Replicant offered its own SDK because the Android SDK released by Google is distributed under a non-free license and suggests installing non-free plug-ins such as the Google APIs. For a long time, Replicant has provided the only Android SDK that is available under a free license and that doesn’t offer to install non-free software.

Android SDK in Debian

However, for some time, the Android SDK is available in Debian and it will be possible to build Android apps in Debian Stretch, the upcoming release. The Debian packages suffice to build an app that only has a minimal set of dependencies. Not all libraries that might be needed for building an app are already packaged, but it seems that nothing is missing that would otherwise be available in a Replicant SDK. The packaged Android SDK in Stretch even has the same target API as a Replicant 6.0 SDK would have.

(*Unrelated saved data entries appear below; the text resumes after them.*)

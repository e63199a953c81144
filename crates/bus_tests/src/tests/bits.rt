//! A frame of the host in a reading.

use crate::tests::phase::{Frame, Phase};
use crate::tests::reading::*;
use Line::*;
use Way::*;
use cbm_iec::*;
use std::alloc::Global;
use std::process::Abort;

/// A change that a drive owes, with which no act counts.
pub fn owed_change(place: usize, moment: u64, line: Line, way: Way) -> Owed {
    Owed {
        place,
        change: Change { moment, line, way },
        act: None,
    }
}

impl Reading {
    /// A frame may be ready 100 after the last accept, and after ATN's pull or release.
    pub fn may_send(&self, moment: u64, changed: Option<u64>) -> bool {
        self.is_clear() && is_after(moment, 100, changed) && is_after(moment, 100, self.accepted)
    }

    /// CLOCK is free: each that hears frees DATA, and if the end is signalled it pulses from the moment at which
    /// DATA is free on the wire.
    pub fn ready(
        mut self,
        rt: &impl Abort,
        alloc: Global,
        moment: u64,
        frame: Frame,
        next: &mut Vec<Reading>,
    ) {
        let hearers = self.hearers(rt, alloc, frame.attention);
        let (mut slowest, mut longest) = (0, 0);
        for (place, reaction) in &hearers {
            slowest = slowest.max(*reaction);
            longest = longest.max(after(*reaction, beat(self.pace_at(*place))));
        }
        let wire = after(moment, slowest);
        let pulse = after(wire, 200);
        for (place, reaction) in &hearers {
            self.owe(rt, *place, after(moment, *reaction), Data, Free, None);
            if frame.eoi {
                self.owe(rt, *place, after(pulse, *reaction), Data, Pull, None);
                let end = after(after(pulse, beat(self.pace_at(*place))), *reaction);
                self.owe(rt, *place, end, Data, Free, None);
            }
        }
        self.phase = Phase::Ready(frame, wire, after(pulse, longest));
        add(rt, next, self)
    }

    /// The first bit begins 1 to 199 after the moment at which DATA is free, or after the pulse.
    pub fn start(
        mut self,
        rt: &impl Abort,
        moment: u64,
        frame: Frame,
        wire: u64,
        quiet: u64,
        next: &mut Vec<Reading>,
    ) {
        let fits = if frame.eoi {
            quiet < moment
        } else {
            wire < moment && moment <= after(wire, 199)
        };
        if !fits || !self.is_clear() {
            return;
        }
        self.phase = Phase::Setting(frame, moment, None);
        add(rt, next, self)
    }

    /// CLOCK is free at least 20 after its pull and after DATA: the bit is 1 if DATA is free.
    pub fn bit(
        mut self,
        rt: &impl Abort,
        moment: u64,
        frame: Frame,
        set: u64,
        next: &mut Vec<Reading>,
    ) {
        if moment < after(set, 20) {
            return;
        }
        let top = if self.host.data_low { 0 } else { 128 };
        let read = Frame {
            byte: frame.byte / 2 + top,
            count: frame.count.wrapping_add(1),
            ..frame
        };
        self.phase = Phase::Showing(read, moment);
        add(rt, next, self)
    }

    /// CLOCK is pulled after a bit: the next one, or the end of the byte.
    pub fn bit_over(
        mut self,
        rt: &impl Abort,
        alloc: Global,
        moment: u64,
        frame: Frame,
        next: &mut Vec<Reading>,
    ) {
        if frame.count < 8 {
            self.phase = Phase::Setting(frame, moment, None);
            return add(rt, next, self);
        }
        if self.host.data_low {
            self.phase = Phase::Freeing(frame, moment);
            return add(rt, next, self);
        }
        self.sent(rt, alloc, moment, frame, next)
    }

    /// The byte is sent: each that heard it pulls DATA, and with that it counts.
    pub fn sent(
        mut self,
        rt: &impl Abort,
        alloc: Global,
        end: u64,
        frame: Frame,
        next: &mut Vec<Reading>,
    ) {
        let (phase, act) = if frame.attention {
            (Phase::Attention, Act::Attention(frame.byte))
        } else {
            (Phase::Listening, Act::Heard(frame.byte, frame.eoi))
        };
        let (mut fastest, mut slowest) = (60, 0);
        let hearers = self.hearers(rt, alloc, frame.attention);
        for (place, reaction) in &hearers {
            fastest = fastest.min(*reaction);
            slowest = slowest.max(*reaction);
            self.owe(rt, *place, after(end, *reaction), Data, Pull, Some(act));
        }
        self.phase = phase;
        self.accepted = Some(after(end, fastest));
        self.answered = Some(after(end, slowest));
        add(rt, next, self)
    }
}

The packaged Android SDK in Debian has many advantages over a Replicant SDK. Build tools should be installable from the package manager of the distribution you are using and not be distributed in a binary archive outside of it. Android SDK packages are provided in Debian alongside other Android build tools like Gradle. The packages can be built reproducibly. We only have very limited time and resources to work on the SDK. Debian has its own team, the Debian Android Tools team, that focuses on packaging more libraries and target APIs, among other things.

Packaging for more distributions

For these reasons, rather than spending time and development efforts on a Replicant 6.0 SDK, we encourage you to work with maintainers to get the Debian Android packages included in more distributions. As Replicant itself is  a fully free software distribution, we would be especially happy to see the packages included in fully-free GNU/Linux distributions, like Parabola or Trisquel.

The Debian Android Tools team is available to answer questions and they are interested in having cross-distro collaboration to solve remaining issues. They can be reached via their mailing list or in the IRC channel #debian-mobile. Their wiki page provides useful documentation.

Of course, we are available as well to answer questions and to coordinate these efforts.